Report: How to afford to live into your 100s

WASHINGTON — There’s no easy way to know how long you’ll live, but there are ways to make sure you have the funding you need well into retirement, says Consumer Reports.

For those aiming to reach triple-digit years — a reality as life-expectancy rates increase — Consumer Reports offers some tips to make sure your retirement savings extend that long, too.

Put off claiming Social Security

Delaying your claim shortens the payment period of your benefit, so you can get more each month. Taking Social Security early stretches payments over a longer period of time and reduces your monthly benefit.

Consumer Reports notes this is a good option if you’re healthy and advises waiting to claim until full retirement age, which ranges from 66 to 67.


Buy a simple annuity

Annuities promise pension-like, lifetime income and Consumer Reports says two types of simple annuity products are good investments.

First is the fixed immediate annuity where a lump sum premium in paid to get guaranteed, monthly income right away.

Second, with a deferred-income annuity, you pay up front or spread premiums over several years. Payments begin from two years to as long as 40 years later, the magazine says.


Consider long-term-care insurance

With nursing home care in a semiprivate room costing $80,300 a year on average, according to Genworth Financial, buying a policy based on a monthly benefit can pay off.

While Medicaid funds some home care, long-term-care insurance can help fund any gaps.

The National Association of Insurance Commissioners recommends paying no more than 7 percent of annual income in premiums, Consumer Reports says.
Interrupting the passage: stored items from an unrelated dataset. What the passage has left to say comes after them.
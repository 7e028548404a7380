//! The largest sheets, and sheets one past them.
use crate::verdict::{Refused, head, literal, row, verdict};
use sheet::{HeadNumbers, Row};
use std::alloc::{AllocError, Global};

/// Loops one in the other, and a return after them.
fn nested(heap: Global, depth: u16) -> Result<Vec<Row>, AllocError> {
    let mut rows = Vec::new(heap);
    let depth = depth.min(100);
    for i in 0..depth {
        rows.push(row(26, 0, 2 * depth - 1 - i, 0))?;
    }
    for i in 0..depth {
        rows.push(row(31, 0, depth - 1 - i, 0))?;
    }
    rows.push(literal(0))?;
    rows.push(row(34, 2 * depth, 0, 0))?;
    Ok(rows)
}

/// Literals and a return.
fn long(heap: Global, count: usize) -> Result<Vec<Row>, AllocError> {
    let mut rows = Vec::new(heap);
    for _ in 1..count {
        rows.push(literal(0))?;
    }
    rows.push(row(34, 0, 0, 0))?;
    Ok(rows)
}

fn show(
    rt: &HostRuntime,
    name: &str,
    head: HeadNumbers,
    rows: &[Row],
    space: usize,
) -> anyhow::Result<()> {
    match verdict(rt, head, rows, space)? {
        Ok(lines) => println!(rt; "{name}: 0 at {lines}")?,
        Err(Refused { number, row }) => println!(rt; "{name}: {number} at {row}")?,
    }
    Ok(())
}

pub(crate) fn try_limits(rt: &HostRuntime) -> anyhow::Result<()> {
    let deep = nested(rt.alloc(), 32)?;
    show(rt, "32 deep", head(8), deep.as_slice(), deep.len())?;
    let deeper = nested(rt.alloc(), 33)?;
    show(rt, "33 deep", head(8), deeper.as_slice(), deeper.len())?;
    let most = long(rt.alloc(), 512)?;
    show(rt, "512 rows", head(1024), most.as_slice(), 512)?;
    let over = long(rt.alloc(), 513)?;
    show(
        rt,
        "513 rows are not made",
        head(1024),
        over.as_slice(),
        513,
    )?;
    show(
        rt,
        "512 rows in a room for one",
        head(1024),
        most.as_slice(),
        1,
    )
}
You’ll pay less if you initiate coverage before age 60, and you’ll pay 6 to 8 percent more each year that you wait after that.
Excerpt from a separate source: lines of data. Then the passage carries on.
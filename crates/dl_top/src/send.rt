//! The write loop.

ghost use Rattle.std.specs.Prelude.{◌≡◌, ◌≤◌, OnOk, OnErr, Err};
ghost use Rattle.dl_outside.specs.Prelude.{HasRisen, GrowsBy};
ghost use Rattle.dl_outside.specs.declared.sink.SinkFault.TheVariants.{Failed};
ghost use Rattle.dl_top.specs.Ending.{GrowsByFront};

use dl_outside::{Sink, SinkFault};

/// Writes the whole report, piece by piece. Each turn sends at least one byte or ends.
pub fn send<O: Sink>(out: &mut O, report: &[u8]) -> Result<(), SinkFault>
    ensures ok { OnOk result (GrowsBy (O.sent out.old) (O.sent out.new) report.now) }
    ensures err { OnErr result (GrowsByFront (O.sent out.old) (O.sent out.new) report.now) }
    ensures failed { result ≡ Err Failed → HasRisen (O.faults out.old) (O.faults out.new) }
    ensures faults_never_fall { O.faults out.old ≤ O.faults out.new }
{
    let mut sent: usize = 0;
    while sent < report.len() {
        match out.write(&report[sent..]) {
            Ok(taken) => sent += taken,
            Err(fault) => return Err(fault),
        }
    }
    Ok(())
}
Pay attention to your withdrawals

Saving more in your last years of work will help build up your nest egg. Also, living on less can help train you for savings in retirement.
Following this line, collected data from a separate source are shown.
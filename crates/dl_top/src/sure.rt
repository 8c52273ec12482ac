//! The top call over devices in memory that never fail.

ghost use Rattle.std.specs.Prelude.{◌≡◌, ◌≢◌, ◌≤◌, Some};
ghost use Rattle.command_words.specs.Request.{AsksForCheck, AsksForRun, AsksForTrial, NamesNoScript};
ghost use Rattle.dl_outside.specs.Texts.{IsTextOf};
ghost use Rattle.dl_top.specs.Prelude.{CallsFor, HoldsAllNamed, AsksForSuch, Passing, Running, Ends, EndsInShelfFault, EndsWhole, sink_signs, Kept, IsStuckRun, Promised, IsFree};

use crate::top::dl_main;
use command_words::Words;
use dl_outside::{SureShelf, SureSink};
use std::alloc::Global;

/// `dl_main` over a shelf and a sink without faults: the texts that are handed over are those that the shelf holds. Where it holds every text that the words
/// name, the answer is not 4.
pub fn dl_sure(alloc: Global, words: &Words, shelf: &mut SureShelf, out: &mut SureSink) -> u8
    ensures proved { AsksForCheck words.now → result ≡ 0
        → Kept IsFree IsTextOf shelf.old shelf.new words.now (Some out.old.sent) (Some out.new.sent) }
    ensures tried { AsksForTrial words.now → result ≡ 0
        → Kept IsFree IsTextOf shelf.old shelf.new words.now (Some out.old.sent) (Some out.new.sent) }
    ensures promised { result ≡ 0
        → Kept Promised IsTextOf shelf.old shelf.new words.now (Some out.old.sent) (Some out.new.sent) }
    ensures stuck { AsksForRun words.now → result ≡ 1
        → Kept IsStuckRun IsTextOf shelf.old shelf.new words.now (Some out.old.sent) (Some out.new.sent) }
    ensures complete { result ≢ 5 → AsksForSuch Passing shelf.old words.now → result ≡ 0 }
    ensures runs { result ≢ 5 → AsksForSuch Running shelf.old words.now → result ≤ 1 }
    ensures ends { Ends (CallsFor shelf.old words.now) (sink_signs (Some out.old.sent) (Some out.new.sent) 0 0) result }
    ensures shelf_fault { result ≡ 4
        → EndsInShelfFault (CallsFor shelf.old words.now) (sink_signs (Some out.old.sent) (Some out.new.sent) 0 0) }
    ensures settled { result ≢ 5
        → EndsWhole (CallsFor shelf.old words.now) (sink_signs (Some out.old.sent) (Some out.new.sent) 0 0) result }
    ensures held { HoldsAllNamed shelf.old words.now → result ≢ 4 }
    ensures untouched { NamesNoScript words.now → shelf.new ≡ shelf.old }
    ensures texts_stay { shelf.new ≡ shelf.old }
{
    dl_main(alloc, words, shelf, out)
}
Consumer Reports recommends working with financial advisers to help determine a realistic retirement budget and savings withdrawal rate. It should usually be no more than 4 percent of assets.


Know your options with Medicaid

If long-term care could be in your future, it’s best to know what to expect with Medicaid.

States’ rules vary, but Consumer Reports reminds users that enrollees must be at poverty level — for individuals, around $2,000 in “countable” assets; for couples, $3,000 — for at least five years.

The magazine says meeting with an elder law attorney can help you get your assets in order.

More information the topic appears in Consumer Reports’ August 2015 issue.